DIRECTIONS:
A line belongs in the answer if it contains "StoredNode"; copy every such line from the entries below.

[Items from a data source]
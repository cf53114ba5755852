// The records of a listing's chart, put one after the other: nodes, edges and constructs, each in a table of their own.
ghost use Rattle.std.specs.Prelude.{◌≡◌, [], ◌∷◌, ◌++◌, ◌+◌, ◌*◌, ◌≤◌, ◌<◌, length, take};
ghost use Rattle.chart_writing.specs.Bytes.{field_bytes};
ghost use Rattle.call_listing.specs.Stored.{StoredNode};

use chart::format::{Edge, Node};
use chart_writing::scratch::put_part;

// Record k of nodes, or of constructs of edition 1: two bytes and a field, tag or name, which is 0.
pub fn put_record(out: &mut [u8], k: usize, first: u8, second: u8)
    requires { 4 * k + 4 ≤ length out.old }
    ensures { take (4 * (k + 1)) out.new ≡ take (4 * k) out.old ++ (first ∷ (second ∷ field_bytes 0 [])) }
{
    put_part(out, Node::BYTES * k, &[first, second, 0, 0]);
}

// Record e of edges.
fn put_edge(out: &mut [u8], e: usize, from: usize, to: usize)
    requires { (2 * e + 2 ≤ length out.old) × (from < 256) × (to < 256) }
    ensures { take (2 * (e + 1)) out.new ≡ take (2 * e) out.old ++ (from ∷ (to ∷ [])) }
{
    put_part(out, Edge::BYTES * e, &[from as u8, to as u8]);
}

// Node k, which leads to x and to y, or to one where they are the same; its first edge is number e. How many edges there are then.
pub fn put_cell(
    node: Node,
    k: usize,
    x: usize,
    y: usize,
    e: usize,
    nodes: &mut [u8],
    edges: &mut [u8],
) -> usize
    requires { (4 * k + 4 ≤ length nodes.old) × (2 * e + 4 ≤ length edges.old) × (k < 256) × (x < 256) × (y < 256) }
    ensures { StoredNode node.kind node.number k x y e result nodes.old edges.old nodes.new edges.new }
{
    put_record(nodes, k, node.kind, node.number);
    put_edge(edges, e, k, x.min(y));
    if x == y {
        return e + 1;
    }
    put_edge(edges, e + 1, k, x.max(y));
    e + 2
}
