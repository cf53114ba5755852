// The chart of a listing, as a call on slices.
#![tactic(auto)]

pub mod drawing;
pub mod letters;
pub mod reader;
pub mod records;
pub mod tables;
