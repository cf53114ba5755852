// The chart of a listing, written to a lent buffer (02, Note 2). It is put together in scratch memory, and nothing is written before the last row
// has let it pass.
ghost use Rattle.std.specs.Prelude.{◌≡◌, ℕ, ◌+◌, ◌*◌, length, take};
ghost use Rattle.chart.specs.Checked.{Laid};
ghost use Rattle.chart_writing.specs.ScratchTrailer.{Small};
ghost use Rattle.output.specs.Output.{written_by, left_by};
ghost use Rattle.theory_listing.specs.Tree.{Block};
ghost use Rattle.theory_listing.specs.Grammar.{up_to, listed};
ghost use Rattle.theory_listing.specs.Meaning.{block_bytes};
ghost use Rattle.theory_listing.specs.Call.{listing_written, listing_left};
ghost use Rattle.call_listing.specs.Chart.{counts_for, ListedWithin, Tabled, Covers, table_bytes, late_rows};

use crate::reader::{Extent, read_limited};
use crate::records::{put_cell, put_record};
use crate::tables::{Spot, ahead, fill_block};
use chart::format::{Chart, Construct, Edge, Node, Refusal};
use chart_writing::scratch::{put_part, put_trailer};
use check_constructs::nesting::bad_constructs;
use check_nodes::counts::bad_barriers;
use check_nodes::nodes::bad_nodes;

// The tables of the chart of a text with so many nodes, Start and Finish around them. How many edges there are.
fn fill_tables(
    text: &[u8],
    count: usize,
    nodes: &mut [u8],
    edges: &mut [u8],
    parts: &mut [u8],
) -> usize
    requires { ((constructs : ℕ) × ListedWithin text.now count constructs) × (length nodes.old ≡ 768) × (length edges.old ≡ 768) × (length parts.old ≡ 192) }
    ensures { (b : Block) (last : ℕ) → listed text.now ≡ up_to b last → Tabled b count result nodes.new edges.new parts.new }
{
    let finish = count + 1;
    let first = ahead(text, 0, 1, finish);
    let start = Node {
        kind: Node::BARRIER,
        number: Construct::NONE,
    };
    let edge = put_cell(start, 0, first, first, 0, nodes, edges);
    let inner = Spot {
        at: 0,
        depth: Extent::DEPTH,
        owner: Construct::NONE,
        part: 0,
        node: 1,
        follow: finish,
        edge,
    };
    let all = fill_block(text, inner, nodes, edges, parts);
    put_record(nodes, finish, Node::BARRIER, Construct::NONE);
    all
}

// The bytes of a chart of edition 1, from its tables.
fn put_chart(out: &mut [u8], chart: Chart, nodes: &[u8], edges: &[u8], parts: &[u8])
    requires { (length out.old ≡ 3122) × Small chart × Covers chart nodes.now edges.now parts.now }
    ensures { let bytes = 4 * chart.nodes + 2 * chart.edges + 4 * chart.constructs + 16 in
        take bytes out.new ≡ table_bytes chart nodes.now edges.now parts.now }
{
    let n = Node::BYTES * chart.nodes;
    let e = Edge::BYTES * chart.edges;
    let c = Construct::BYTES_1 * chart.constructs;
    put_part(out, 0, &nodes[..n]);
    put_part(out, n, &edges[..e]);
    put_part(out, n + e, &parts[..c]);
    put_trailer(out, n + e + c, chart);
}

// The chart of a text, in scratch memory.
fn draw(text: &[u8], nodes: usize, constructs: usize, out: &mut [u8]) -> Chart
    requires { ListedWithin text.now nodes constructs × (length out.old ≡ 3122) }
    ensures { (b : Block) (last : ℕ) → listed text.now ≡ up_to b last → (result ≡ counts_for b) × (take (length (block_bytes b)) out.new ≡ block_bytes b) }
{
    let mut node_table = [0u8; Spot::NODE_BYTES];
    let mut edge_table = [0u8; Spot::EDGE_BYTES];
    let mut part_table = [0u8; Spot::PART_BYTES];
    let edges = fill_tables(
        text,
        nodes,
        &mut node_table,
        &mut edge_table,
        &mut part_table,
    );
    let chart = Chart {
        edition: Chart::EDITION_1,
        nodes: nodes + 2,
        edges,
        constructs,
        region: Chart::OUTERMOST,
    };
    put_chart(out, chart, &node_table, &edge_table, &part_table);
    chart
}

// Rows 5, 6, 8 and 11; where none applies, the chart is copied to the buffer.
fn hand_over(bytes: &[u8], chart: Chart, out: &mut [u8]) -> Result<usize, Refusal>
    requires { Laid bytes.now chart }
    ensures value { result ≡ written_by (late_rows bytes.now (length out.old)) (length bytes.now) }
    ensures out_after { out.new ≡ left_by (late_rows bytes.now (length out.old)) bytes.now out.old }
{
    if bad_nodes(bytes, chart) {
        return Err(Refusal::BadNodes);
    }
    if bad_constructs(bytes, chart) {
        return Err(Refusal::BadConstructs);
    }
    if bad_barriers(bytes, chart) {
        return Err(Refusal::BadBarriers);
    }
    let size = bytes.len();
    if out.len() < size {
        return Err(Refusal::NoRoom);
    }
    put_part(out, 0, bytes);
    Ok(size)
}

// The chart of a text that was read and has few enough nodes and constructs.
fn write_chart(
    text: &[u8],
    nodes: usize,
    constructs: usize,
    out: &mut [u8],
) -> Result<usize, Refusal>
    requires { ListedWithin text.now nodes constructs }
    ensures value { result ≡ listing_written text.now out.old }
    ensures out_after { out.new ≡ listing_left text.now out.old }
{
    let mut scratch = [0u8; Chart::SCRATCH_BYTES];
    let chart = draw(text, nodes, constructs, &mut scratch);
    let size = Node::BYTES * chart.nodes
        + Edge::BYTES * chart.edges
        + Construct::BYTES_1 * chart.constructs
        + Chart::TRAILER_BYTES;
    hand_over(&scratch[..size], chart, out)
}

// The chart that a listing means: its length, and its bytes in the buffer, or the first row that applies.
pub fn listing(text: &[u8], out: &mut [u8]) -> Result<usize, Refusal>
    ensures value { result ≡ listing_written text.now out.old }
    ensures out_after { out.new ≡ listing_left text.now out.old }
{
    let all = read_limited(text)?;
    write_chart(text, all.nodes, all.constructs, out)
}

SOLUTION TO THE PROBLEM:
ghost use Rattle.call_listing.specs.Stored.{StoredNode};
    ensures { StoredNode node.kind node.number k x y e result nodes.old edges.old nodes.new edges.new }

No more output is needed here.